Валерий Дмитриевич смолчал, он знает, что дальше последует.
- Так-так, - продолжал Бенедиктыч, - я удивлен, что есть люди, все ещё слушающие радио. Я, вон, и телевизор не включаю.
- Дядя Кузечка, ты просто сам телевизор, - крикнула из кухни Леночка, - на тебя смотри - не насмотришься, родной ты мой дядечка Кузечка.
От таких слов даже Валерий Дмитриевич разулыбался в один рот. Копилин смущен. О Бенедиктыче он был наслышан от Леночки и давно уважал его заочно.
- Ну, садись, Алеша, вот сюда, в кресло, здесь и отдыхай.
Веефомит не спускает глаз с Бенедиктыча, в этом кресле он сам сидел не раз, когда Кузьма начинал свои розыгрыши с гипнозом.
- Мы зашли к вам на старую квартиру, - заговорил наконец Копилин, - а там Раджик спит, это он нас зачем-то к Валерию Дмитриевичу отправил, а там Зинаида читает главы из романа.
- Леночка смеялась, - с грустью сказал Веефомит.
- Она просто взбесилась, ваша романистка! - выскочила Леночка, - как вы её здесь все терпите?
- Лена, займись едой, - сурово сказал Копилин.

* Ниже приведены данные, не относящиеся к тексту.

//! The page without its frame: navigation, header, footer and the like.
ghost use Rattle.std.specs.Prelude.{◌≡◌, IfOk};
ghost use Rattle.htmd_lexical.specs.Attributes.{pairs_of};
ghost use Rattle.htmd_nodes.specs.Items as items;
ghost use Rattle.htmd_nodes.specs.Views.{data_of};
ghost use Rattle.htmd_article.specs.Frames as spec;
ghost use Rattle.htmd_article.specs.PartViews.{part_of, parts_of};

use crate::facts::{Facts, facts_over};
use crate::names::{is_block, is_frame_name, is_unseen};
use crate::parts::{Part, facts_of_all, is_entered};
use crate::sayings::{has_frame_class, has_frame_id, has_frame_role, has_role};
use htmd_nodes::{Attribute, Name, NodeData};
use std::alloc::{AllocError, Global};

/// Whether the element's class or id says that it is part of the frame.
fn is_called_frame(attrs: &[Attribute], facts: Facts) -> bool
    ensures { result ≡ spec.is_called_frame (pairs_of attrs.now) facts }
{
    (has_frame_class(attrs) && !facts.has_h1) || (has_frame_id(attrs) && !facts.has_heading)
}

/// Whether so many letters of prose are less than half of a body's.
fn is_small(prose: usize, total: usize) -> bool
    ensures { result ≡ spec.is_small prose total }
{
    prose < total.saturating_sub(prose)
}

/// Whether the node may have others below it.
fn holds_children(node: &NodeData) -> bool
    ensures { result ≡ items.holds_children (data_of node.now) }
{
    matches!(node, NodeData::Document | NodeData::Element { .. })
}

/// Whether the element is part of the frame of a body with so many letters of prose.
fn is_frame_element(total: usize, name: &Name, attrs: &[Attribute], facts: Facts) -> bool
    ensures { result ≡ spec.is_frame_element total name.now (pairs_of attrs.now) facts }
{
    if facts.has_main {
        return false;
    }
    if is_frame_name(name) || has_frame_role(attrs) {
        return true;
    }
    if name.as_str() == "header" || has_role(attrs, "banner") {
        return !facts.has_heading;
    }
    if name.as_str() == "aside" || has_role(attrs, "complementary") {
        return facts.is_linked();
    }
    is_block(name)
        && is_called_frame(attrs, facts)
        && (facts.is_linked() || is_small(facts.prose, total))
}

/// Whether the node is part of the frame; in what never shows nothing is.
fn is_frame(total: Option<usize>, node: &NodeData, facts: Facts) -> bool
    ensures { result ≡ spec.is_frame total (data_of node.now) facts }
{
    let Some(total) = total else {
        return false;
    };
    match node {
        NodeData::Element { name, attrs } => {
            !is_unseen(name) && is_frame_element(total, name, attrs.as_slice(), facts)
        }
        NodeData::Document | NodeData::Doctype | NodeData::Text(_) | NodeData::Comment(_) => false,
    }
}

fn total_below(total: Option<usize>, node: &NodeData) -> Option<usize>
    ensures { result ≡ spec.total_below total (data_of node.now) }
{
    if is_entered(node) { total } else { None }
}

/// What is known of a node over other nodes than before.
fn facts_again(node: &NodeData, facts: Facts, parts: &[Part]) -> Result<Facts, AllocError>
    ensures { IfOk result (λ f. f ≡ spec.facts_again (data_of node.now) facts (parts_of parts.now)) }
{
    if !holds_children(node) {
        return Ok(facts);
    }
    let over = facts_over(node, facts_of_all(parts)?)?;
    Ok(Facts {
        counts: facts.counts,
        ..over
    })
}

/// The node without what is part of the frame in it, by the letters of prose in the body.
#[tactic(auto, using(crate::proofs::MadeLemmas::framed_made))]
pub(crate) fn without_frame<'t>(
    alloc: Global,
    total: Option<usize>,
    part: &Part<'t>,
) -> Result<Part<'t>, AllocError>
    ensures { IfOk result (λ p. part_of p ≡ spec.without_frame_in total (part_of part.now)) }
{
    let below = total_below(total, part.node);
    let mut parts = Vec::with_capacity(alloc, part.parts.len())?;
    for inner in &part.parts {
        if !is_frame(below, inner.node, inner.facts) {
            parts.push(without_frame(alloc, below, inner)?)?;
        }
    }
    let facts = facts_again(part.node, part.facts, parts.as_slice())?;
    Ok(Part {
        node: part.node,
        facts,
        parts,
    })
}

И она послушалась. Кузьме Бенедиктовичу это понравилось. Хорошо, когда есть на свете человек, которого слушается эта бесовская девчонка.
- А что вы ловите по приемнику? - поинтересовался он.
- "Голос Америки", - не задумываясь, ответил Копилин.
- А что, до сих пор существуют "Голоса"? - изумился Бенедиктыч, - А хотя, конечно, раз есть Америка, будут и "Голоса".
Валерий Дмитриевич разволновался. Ему не терпелось поговорить с Копилиным о политике, а Бенедиктыча интересовало другое.
- Вы гитарист? Очень хорошо. А откуда? Сколько лет? Отлично!..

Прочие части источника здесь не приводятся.